Aunque tener vista al mar exige una hipoteca que poca gente podría pagar, los residentes de La Perla saben que vivir arrullados por el océano no tiene precio.

Por eso, la mayoría de los que viven en esta barriada histórica no se van de ahí. No se fueron los que recibieron títulos de propiedad en los 80 y no se irán, aseguran, los que lo recibirán por virtud de una resolución conjunta que firmó ayer el gobernador Luis Fortuño.

Sonia Viruet, por ejemplo, nació y ha vivido en La Perla toda su vida. Está, según dice, “felizmente contenta”.

En La Perla se casó. En La Perla ha criado a sus hijos, y en La Perla se despierta con la privilegiada vista del bravío océano Atlántico.

De su barrio, lo único que le molesta es el mal concepto que tiene la gente que no lo conoce, que no lo vive.

“Aquí yo dejo las puertas abiertas y nadie se mete en mi casa. Nos duele que no se diga la parte buena”, expresó la mujer desde el balcón donde se contemplan el mar, El Morro y la muralla del San Cristóbal.

En La Perla, ella vive sin temor. Nunca le ha pasado nada malo. “Eso de que si tú bajas no sales, eso es mentira”, aseguró sobre los cuentos que se hacen del vecindario donde nació con comadrona.

Retirada ya del Hospital Municipal de San Juan, Viruet pasa sus días en el balcón del frente, donde conversa con otros vecinos, o en el balcón posterior, donde el bravo oleaje no la intimida.

“Yo me gozo la marejada. Hay que estar acostumbrado a esto pa’ no tener miedo”, expresó, mientras Brownie, su perro, se revolcaba en la sala.

En La Perla pasó el huracán Hugo y el mar no llegó a las casas, amontonadas en escalones. “La única vez fue en el 67”, rememoró.

Como ella, Irma Narváez tampoco quiere abandonar La Perla, donde ha vivido los 47 años que tiene. “De aquí nadie me saca”, aseguró la esposa del líder comunitario Jorge Gómez.

Según Narváez, en La Perla abunda lo que escasea en otros lugares, un sentido de comunidad que mitiga la soledad. “Aquí, si necesitas algo, ahí está el vecino”, aseguró.

La enfermera Teresa González también lo cree.

Con 55 años en La Perla, ella ha atendido a cuanto niño y niña se ha pelado las rodillas.

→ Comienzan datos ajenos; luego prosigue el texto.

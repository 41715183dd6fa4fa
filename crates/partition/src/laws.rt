//! The laws of grown orders and their batches, as functions without a body. Each clause holds for all items,
//! keys and neighbours.

ghost use Rattle.std.specs.Prelude.{◌≡◌, ◌<◌, ◌≤◌, Bool, true, ℕ, List, [], length, All};
ghost use Rattle.std.specs.List.{concat, flat_map, range_with_len};
ghost use Rattle.std.specs.List.Sorted.{IsPermutation};
ghost use Rattle.geom_core.specs.declared.limits.TheConstants.{TRIANGLES_PER_CLUSTER, CLUSTERS_PER_GROUP};
ghost use Rattle.geom_core.specs.declared.points.Pt.{Pt};
ghost use Rattle.geom_core.specs.declared.triangles.Tri.{Tri};
ghost use Rattle.partition.specs.declared.shapes.ClusterShape.{ClusterShape};
ghost use Rattle.partition.specs.Batches.{AreBatches, AreFullButLast, pick};
ghost use Rattle.partition.specs.Clusters.{AreClusters};
ghost use Rattle.partition.specs.Groups.{AreGroups};
ghost use Rattle.partition.specs.Growing.{batches_of, is_grown};
ghost use Rattle.partition.specs.OneBatch.{IsInOneBatch};

/// There is exactly one grown order: the rule determines it.
pub fn one_order_grows()
    ensures exists { (n size : ℕ) (key : ℕ → ℕ) (near : ℕ → ℕ → Bool) →
        (order : List ℕ) × (is_grown n key near size order ≡ true) }
    ensures unique { (n size : ℕ) (key : ℕ → ℕ) (near : ℕ → ℕ → Bool) (order other : List ℕ) →
        is_grown n key near size order ≡ true → is_grown n key near size other ≡ true →
        order ≡ other }
{}

/// A grown order has each number below n once, and nothing else.
pub fn grown_orders_are_permutations()
    ensures { (n size : ℕ) (key : ℕ → ℕ) (near : ℕ → ℕ → Bool) (order : List ℕ) →
        is_grown n key near size order ≡ true → IsPermutation (range_with_len 0 n) order }
{}

/// Items have exactly one list of batches: the rule determines it.
pub fn one_list_of_batches()
    ensures exists { (keys : List ℕ) (edges : List (List (Pt × Pt))) (size : ℕ) → 0 < size →
        (batches : List (List ℕ)) × AreBatches keys edges size batches }
    ensures unique { (keys : List ℕ) (edges : List (List (Pt × Pt))) (size : ℕ)
        (batches other : List (List ℕ)) → AreBatches keys edges size batches →
        AreBatches keys edges size other → batches ≡ other }
{}

/// Each batch but the last is full, and the last one has an item. So there are no more batches than items.
pub fn batches_are_full_but_the_last()
    ensures joined { (size : ℕ) (order : List ℕ) → 0 < size →
        concat (batches_of size order) ≡ order }
    ensures full_of_order { (size : ℕ) (order : List ℕ) → 0 < size →
        AreFullButLast size (length order) (batches_of size order) }
    ensures full_of_items { (keys : List ℕ) (edges : List (List (Pt × Pt))) (size : ℕ)
        (batches : List (List ℕ)) → 0 < size → AreBatches keys edges size batches →
        AreFullButLast size (length keys) batches }
    ensures batch_limit { (size total : ℕ) (batches : List (List ℕ)) → 0 < size →
        AreFullButLast size total batches → length batches ≤ total }
{}

/// Each item is in exactly one batch, and nothing else is in one.
pub fn each_item_is_in_one_batch()
    ensures permutation { (keys : List ℕ) (edges : List (List (Pt × Pt))) (size : ℕ)
        (batches : List (List ℕ)) → AreBatches keys edges size batches →
        IsPermutation (range_with_len 0 (length keys)) (concat batches) }
    ensures number_range { (keys : List ℕ) (edges : List (List (Pt × Pt))) (size : ℕ)
        (batches : List (List ℕ)) → AreBatches keys edges size batches →
        All (λ batch. All (λ number. number < length keys) batch) batches }
    ensures one_batch { (n size : ℕ) (key : ℕ → ℕ) (near : ℕ → ℕ → Bool) (order : List ℕ) →
        0 < size → is_grown n key near size order ≡ true →
        (item : ℕ) → item < n → IsInOneBatch (batches_of size order) item }
{}

/// What the batches pick of a list, joined, is the list in another order; so it is of joined lists.
pub fn batches_pick_each_item_once<T>()
    ensures items { (keys : List ℕ) (edges : List (List (Pt × Pt))) (size : ℕ)
        (batches : List (List ℕ)) (items : List T) (other : T) →
        AreBatches keys edges size batches → length items ≡ length keys →
        IsPermutation items (flat_map (pick items other) batches) }
    ensures lists { (keys : List ℕ) (edges : List (List (Pt × Pt))) (size : ℕ)
        (batches : List (List ℕ)) (lists : List (List T)) →
        AreBatches keys edges size batches → length lists ≡ length keys →
        IsPermutation (flat_map (λ list. list) lists)
        (flat_map (λ batch. flat_map (λ list. list) (pick lists [] batch)) batches) }
{}

/// The triangles of the clusters, joined, are those of the list in another order. Each cluster but the last is
/// full, and the last one has a triangle.
pub fn clusters_have_each_triangle_once()
    ensures triangles { (tris : List Tri) (clusters : List (List ℕ)) (other : Tri) →
        AreClusters tris clusters → IsPermutation tris (flat_map (pick tris other) clusters) }
    ensures number_range { (tris : List Tri) (clusters : List (List ℕ)) →
        AreClusters tris clusters →
        All (λ cluster. All (λ number. number < length tris) cluster) clusters }
    ensures full { (tris : List Tri) (clusters : List (List ℕ)) → AreClusters tris clusters →
        AreFullButLast TRIANGLES_PER_CLUSTER (length tris) clusters }
{}

/// What the groups have of a level's clusters, joined, is all of it in another order, whatever list each cluster
/// has. Each group but the last is full, and the last one has a cluster.
pub fn groups_have_each_cluster_once<T>()
    ensures lists { (shapes : List ClusterShape) (groups : List (List ℕ)) (lists : List (List T)) →
        AreGroups shapes groups → length lists ≡ length shapes →
        IsPermutation (flat_map (λ list. list) lists)
        (flat_map (λ group. flat_map (λ list. list) (pick lists [] group)) groups) }
    ensures number_range { (shapes : List ClusterShape) (groups : List (List ℕ)) →
        AreGroups shapes groups →
        All (λ group. All (λ number. number < length shapes) group) groups }
    ensures full { (shapes : List ClusterShape) (groups : List (List ℕ)) → AreGroups shapes groups →
        AreFullButLast CLUSTERS_PER_GROUP (length shapes) groups }
{}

“Me he ido, pero he vuelto. Toda mi familia está aquí. Cada vez que pasa algo, los vecinos corren”, afirmó.

La mala fama del barrio le parece terriblemente injusta. Como ella, son muchos los profesionales decentes que no tienen ningún vínculo con actividades delictivas.

“Pagan justos por pecadores”, lamentó.

Adilia Jiménez también ha hecho su vida en el barrio sanjuanero. Sus 49 años los ha vivido en La Perla, donde ha criado a sus cuatro hijos.

“Me gusta el vecindario. Aquí somos humanitarios. Nos ayudamos en todo”, expresó sobre las razones por las que no vendería la casa cuyo título de propiedad espera recibir próximamente.

Otro que no se iría y que duerme con las puertas abiertas es Daniel Colón, un hombre de 60 años que cría animales. Como si fuera el campo, el hombre tiene un corral con gallinas, gansos, patos, cabros y hasta dos cerditos.

“Esto no tiene precio”, reiteró cuando se le preguntó si había una cifra por la que estaría dispuesto a vender su casa.

Marcela Lozada, una secretaria desempleada, está feliz de vivir en La Perla, aunque sea alquilada. Hace siete años dejó una montaña de Yabucoa para irse al barrio donde su esposo tiene familia.

Sus niñas también están felices. “Me gusta más acá, los vecinos, el ambiente. Tengo todo céntrico”, observó.

Aunque su familia dudó de la seguridad, ya perdieron el “miedo” y la visitan en el lugar donde escogió vivir.

La Perla, temida y preciada, sin duda tiene quien le guarde lealtad.